● Records supplied:
//! Bytes that are buffered for a sink.

ghost use Rattle.std.specs.Prelude.{◌≡◌, ℕ, List, ◌+◌, ◌≤◌, [], ◌++◌, length, OnOk};
ghost use Rattle.mp4_machine.specs.Blocks.{IsSent, unused};
ghost use Rattle.mp4_machine.specs.Ends.{sent};
ghost use Rattle.mp4_machine.specs.Puts.{Puts};

use crate::fragment_end::{FragmentEnd, MOST_ENDS};
use arrayvec::ArrayVec;
use mp4_ends::{Failed, Sink, write_front};
use mp4_lines::Text;
use std::marker::Model;

/// A slice of at least so many bytes that doesn't fit in the buffer is sent by itself.
const LARGE: usize = 4096;

/// Capacity of a block in bytes.
pub const BLOCK_BYTES: usize = 16_384;

/// The most bytes of a line.
pub const LINE_BYTES: usize = 384;

/// A line that is built before it is put into a block.
pub trait Line {
    // Its text.
    ghost text: { Self → List ℕ };

    /// Appends its text.
    fn push(&self, block: &mut Text<BLOCK_BYTES>)
        requires { length block.old + LINE_BYTES ≤ BLOCK_BYTES }
        ensures { block.new ≡ block.old ++ text self.now };
}

/// Buffers bytes, so that a sink gets few large writes, and knows how many fragments the sink has taken completely.
#[derive(Drop)]
pub struct Block {
    pub(crate) waiting: Text<BLOCK_BYTES>,
    pub(crate) ends: ArrayVec<FragmentEnd, MOST_ENDS>,
    whole: u64,
}

// A contract sees the buffered bytes, where fragments end in them, and how many are whole in what was sent.
impl Model for Block {
    ghost use Rattle.std.specs.Prelude.{◌≤◌, length};
    ghost use Rattle.std.specs.List.{AllByRecursion};
    ghost use Rattle.mp4_machine.specs.Blocks.{Pending};

    ghost Value = { Pending };

    ghost view = { λ b. record { bytes = b.waiting; ends = b.ends.items; whole = b.whole } };

    ghost invariant = { λ b. AllByRecursion (λ m. m.end ≤ length b.waiting) b.ends.items };
}

impl Block {
    /// An empty block.
    pub fn new() -> Self
        ensures { result ≡ unused }
    {
        Block {
            waiting: Text::new(),
            ends: ArrayVec::new(),
            whole: 0,
        }
    }

    /// How many fragments are whole in what was sent.
    pub fn whole(&self) -> u64
        ensures { result ≡ self.now.whole }
    {
        self.whole
    }

    /// Sends everything that is buffered.
    pub fn send<W: Sink>(&mut self, w: &mut W) -> Result<(), Failed>
        ensures puts { Puts (sent W.contents W.has_failed w.old w.new) self.old self.new [] result }
        ensures sent { OnOk result (IsSent self.new) }
    {
        let answer = write_front(w, self.waiting.bytes());
        let taken = match answer {
            Ok(()) => self.waiting.len(),
            Err(short) => short.taken,
        };
        let mut whole = self.whole;
        for mark in self.ends.iter() {
            if mark.end <= taken {
                whole = mark.count;
            }
        }
        self.whole = whole;
        match answer {
            Ok(()) => {
                self.ends.clear();
                self.waiting.clear();
                Ok(())
            }
            Err(_) => Err(Failed),
        }
    }

    /// Appends these bytes to the buffer, which is sent first where they don't fit.
    pub fn put<W: Sink>(&mut self, w: &mut W, bytes: &[u8]) -> Result<(), Failed>
        ensures puts { Puts (sent W.contents W.has_failed w.old w.new) self.old self.new bytes.now
            result }
        ensures unsent { length self.old.bytes + length bytes.now ≤ BLOCK_BYTES → w.new ≡ w.old }
    {
        if bytes.len() > BLOCK_BYTES - self.waiting.len() {
            return self.send_and_put(w, bytes);
        }
        self.waiting.push_bytes(bytes);
        Ok(())
    }

    /// Appends an array to the buffer, which is sent first where it doesn't fit.
    #[inline(always)]
    pub fn put_array<const N: usize, W: Sink>(
        &mut self,
        w: &mut W,
        bytes: &[u8; N],
    ) -> Result<(), Failed>
        requires { N ≤ LINE_BYTES }
        ensures puts { Puts (sent W.contents W.has_failed w.old w.new) self.old self.new bytes.now
            result }
        ensures unsent { length self.old.bytes + N ≤ BLOCK_BYTES → w.new ≡ w.old }
    {
        if N > BLOCK_BYTES - self.waiting.len() {
            match self.send(w) {
                Ok(()) => {}
                Err(Failed) => return Err(Failed),
            }
        }
        self.waiting.push_bytes(bytes);
        Ok(())
    }

    /// Appends a line to the buffer, which is sent first where there may be no room for it.
    #[inline(always)]
    pub fn put_line<L: Line, W: Sink>(&mut self, w: &mut W, line: &L) -> Result<(), Failed>
        ensures puts { Puts (sent W.contents W.has_failed w.old w.new) self.old self.new
            (L.text line.now) result }
        ensures unsent { length self.old.bytes + LINE_BYTES ≤ BLOCK_BYTES → w.new ≡ w.old }
    {
        if self.waiting.len() > BLOCK_BYTES - LINE_BYTES {
            match self.send(w) {
                Ok(()) => {}
                Err(Failed) => return Err(Failed),
            }
        }
        line.push(&mut self.waiting);
        Ok(())
    }

    fn send_and_put<W: Sink>(&mut self, w: &mut W, bytes: &[u8]) -> Result<(), Failed>
        ensures { Puts (sent W.contents W.has_failed w.old w.new) self.old self.new bytes.now
            result }
    {
        match self.send(w) {
            Ok(()) => {}
            Err(Failed) => return Err(Failed),
        }
        if bytes.len() < LARGE {
            self.waiting.push_bytes(bytes);
            return Ok(());
        }
        match write_front(w, bytes) {
            Ok(()) => Ok(()),
            Err(_) => Err(Failed),
        }
    }
}
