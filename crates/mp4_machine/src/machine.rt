//! Machines that are fed a stream in inputs, whatever they read.

ghost use Rattle.std.specs.Prelude.{◌≡◌, ◌<◌, ◌≤◌, [], length, take, None, Some, IfOk, IfErr, OnOk, OnErr};
ghost use Rattle.mp4_ledger.specs.Memory.{given_back};
ghost use Rattle.mp4_machine.specs.Ends.{sent};
ghost use Rattle.mp4_machine.specs.Inputs.{Continuation, HasNoEffects, Takes, TakesAll, change, farthest};
ghost use Rattle.mp4_machine.specs.Readings.{fault_in};
ghost use Rattle.mp4_machine.specs.declared.tally.Tally.{Tally};

use crate::block::Block;
use crate::stop::Stop;
use mp4_box::Fault;
use mp4_ends::{Failed, Sink};
use mp4_ledger::Ledger;

/// A machine that takes the bytes of a stream as they come. What it has claimed must be given back.
pub trait Machine {
    // What it was made for, which no call changes.
    ghost Task: { Type 0 } = { Unit {0} };

    ghost task: { Self → Self.Task };

    // Where it is in the stream, and how the rest is read.
    ghost continuation: { Self → Continuation };

    // What it has counted.
    ghost counted: { Self → Tally };

    /// Takes some bytes from the front of the input, and puts their output into `out`, which is sent to `w` as it
    /// fills. Returns how many bytes it took.
    ///
    /// # Errors
    ///
    /// `Stream` where the stream breaks a rule, `Write` where a write failed, `OverLimit` and `Memory` where a claim
    /// was refused. All that was claimed is given back then.
    fn take<W: Sink>(
        &mut self,
        ledger: &mut Ledger,
        input: &[u8],
        out: &mut Block,
        w: &mut W,
    ) -> Result<usize, Stop>
        requires some { 0 < length input.now }
        requires claim { (continuation self.old).claim ≤ ledger.old.live }
        ensures takes { Takes (change (sent W.contents W.has_failed w.old w.new) out.old out.new
            ledger.old ledger.new (counted self.old) (counted self.new))
            (continuation self.old) input.now (λ n. take n input.now) (λ _. continuation self.new) result }
        ensures taken { IfOk result (λ n. (0 < n) × (n ≤ length input.now)) }
        ensures claim { (continuation self.new).claim ≤ ledger.new.live }
        ensures quiet { OnOk result (HasNoEffects (continuation self.new)) }
        ensures near { OnOk result ((continuation self.new).reached ≤ farthest) }
        ensures spent { OnErr result ((continuation self.new).claim ≡ 0) }
        ensures task { task self.new ≡ task self.old };

    /// What the end of the stream means here.
    ///
    /// # Errors
    ///
    /// The fault of a stream that ends here.
    fn finish(&self) -> Result<(), Fault>
        ensures ok { OnOk result (fault_in ((continuation self.now).reads []).outcome ≡ None) }
        ensures err { IfErr result (λ f.
            fault_in ((continuation self.now).reads []).outcome ≡ Some f) };

    /// Gives back what is claimed. Its place in the stream is not specified then.
    fn give_back(&mut self, ledger: &mut Ledger)
        requires { (continuation self.old).claim ≤ ledger.old.live }
        ensures back { ledger.new ≡ given_back ledger.old (continuation self.old).claim }
        ensures spent { (continuation self.new).claim ≡ 0 }
        ensures counted { counted self.new ≡ counted self.old }
        ensures task { task self.new ≡ task self.old };
}

/// Feeds a machine the next input of the stream, and writes all output that it determines: nothing stays in the buffer.
///
/// # Errors
///
/// As [`Machine::take`].
pub fn feed<M: Machine, W: Sink>(
    machine: &mut M,
    ledger: &mut Ledger,
    input: &[u8],
    out: &mut Block,
    w: &mut W,
) -> Result<(), Stop>
    requires claim { (M.continuation machine.old).claim ≤ ledger.old.live }
    requires quiet { HasNoEffects (M.continuation machine.old) }
    requires near { (M.continuation machine.old).reached ≤ farthest }
    ensures { TakesAll (change (sent W.contents W.has_failed w.old w.new) out.old out.new
        ledger.old ledger.new (M.counted machine.old) (M.counted machine.new))
        (M.continuation machine.old) input.now (M.continuation machine.new)
        (M.task machine.old) (M.task machine.new) result }
{
    let mut at = 0;
    let mut answer = Ok(());
    while at < input.len() {
        match machine.take(ledger, &input[at..], out, w) {
            Ok(count) => at += count,
            Err(stop) => match stop {
                // After a failed write the buffer can't be sent.
                Stop::Write => return Err(stop),
                _ => {
                    answer = Err(stop);
                    break;
                }
            },
        }
    }
    match out.send(w) {
        Ok(()) => answer,
        Err(Failed) => {
            machine.give_back(ledger);
            Err(Stop::Write)
        }
    }
}
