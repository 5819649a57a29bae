//! A run over a whole stream, whatever it is read as.

ghost use Rattle.std.specs.Prelude.{◌≡◌, ◌<◌};
ghost use Rattle.mp4_machine.specs.Ends.{between, received, sent};
ghost use Rattle.mp4_machine.specs.Inputs.{IsBegun};
ghost use Rattle.mp4_machine.specs.StreamRuns.{ReadsStream};

use crate::block::Block;
use crate::machine::{Machine, feed};
use crate::stop::Stop;
use mp4_ends::{Failed, Sink, Source};
use mp4_ledger::Ledger;

/// Reads a stream to its end, whatever its reads give, and feeds it to a machine to which no byte has come. The read
/// buffer of `copy` bytes is claimed. What the machine has claimed at the end must still be given back. `fragments` is
/// how many of the fragments that the machine marked the writer took completely.
///
/// # Errors
///
/// `Stream` where the stream breaks a rule; `Read` and `Write` where an end has failed; `OverLimit` and `Memory` where
/// a claim was refused.
pub fn read_stream<R: Source, W: Sink, M: Machine>(
    r: &mut R,
    w: &mut W,
    ledger: &mut Ledger,
    copy: u32,
    machine: &mut M,
    fragments: &mut u64,
) -> Result<(), Stop>
    requires some { 0 < copy }
    requires idle { ledger.old.live ≡ 0 }
    requires begun { IsBegun (M.continuation machine.old) (M.counted machine.old) }
    ensures runs { (run : ReadsStream (M.continuation machine.old).reads (between
        (received R.remaining R.has_ended R.has_failed R.last_read r.old r.new)
        (sent W.contents W.has_failed w.old w.new))
        (record { copy = copy; limit = ledger.old.limit; peak = ledger.new.peak })
        (M.counted machine.new) result) × (run.fragments ≡ fragments.new) }
    ensures live { ledger.new.live ≡ (M.continuation machine.new).claim }
    ensures limit { ledger.new.limit ≡ ledger.old.limit }
    ensures task { M.task machine.new ≡ M.task machine.old }
{
    *fragments = 0;
    ledger.mark().forget();
    let mut buf = match ledger.buf(u64::from(copy)) {
        Ok(buf) => buf,
        Err(refused) => return Err(Stop::of_refusal(refused)),
    };
    let mut out = Block::new();
    let into = buf.room_mut(copy as usize);
    let mut total: u64 = 0;
    let answer = loop {
        let input = match r.read(into) {
            Ok(n) => &into[..n],
            Err(Failed) => break Err(Stop::Read { at: total }),
        };
        if input.is_empty() {
            break match machine.finish() {
                Ok(()) => Ok(()),
                Err(fault) => Err(Stop::Stream(fault)),
            };
        }
        match feed(machine, ledger, input, &mut out, w) {
            Ok(()) => total += input.len() as u64,
            Err(stop) => break Err(stop),
        }
    };
    *fragments = out.whole();
    ledger.back(buf);
    answer
}
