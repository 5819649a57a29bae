//! What is counted of a stream.

/// What is counted of some bytes of a stream. A command that lists boxes counts nothing.
#[derive(Clone, Copy, Debug, PartialEq, Eq)]
pub struct Tally {
    /// How many fragments: moofs with their mdats.
    pub fragments: u64,
    /// How many samples.
    pub samples: u128,
    /// How many bytes of media.
    pub media_bytes: u64,
    /// How many samples the moofs had whose samples were read.
    pub inspected: u128,
}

● What to do: Within the data above, the lines from the one with "pub fn put_array<const" to the one with "line.push(&mut self.waiting);" must be repeated exactly; no other line belongs in the answer.

● Solution for this task:
    pub fn put_array<const N: usize, W: Sink>(
        &mut self,
        w: &mut W,
        bytes: &[u8; N],
    ) -> Result<(), Failed>
        requires { N ≤ LINE_BYTES }
        ensures puts { Puts (sent W.contents W.has_failed w.old w.new) self.old self.new bytes.now
            result }
        ensures unsent { length self.old.bytes + N ≤ BLOCK_BYTES → w.new ≡ w.old }
    {
        if N > BLOCK_BYTES - self.waiting.len() {
            match self.send(w) {
                Ok(()) => {}
                Err(Failed) => return Err(Failed),
            }
        }
        self.waiting.push_bytes(bytes);
        Ok(())
    }

    /// Appends a line to the buffer, which is sent first where there may be no room for it.
    #[inline(always)]
    pub fn put_line<L: Line, W: Sink>(&mut self, w: &mut W, line: &L) -> Result<(), Failed>
        ensures puts { Puts (sent W.contents W.has_failed w.old w.new) self.old self.new
            (L.text line.now) result }
        ensures unsent { length self.old.bytes + LINE_BYTES ≤ BLOCK_BYTES → w.new ≡ w.old }
    {
        if self.waiting.len() > BLOCK_BYTES - LINE_BYTES {
            match self.send(w) {
                Ok(()) => {}
                Err(Failed) => return Err(Failed),
            }
        }
        line.push(&mut self.waiting);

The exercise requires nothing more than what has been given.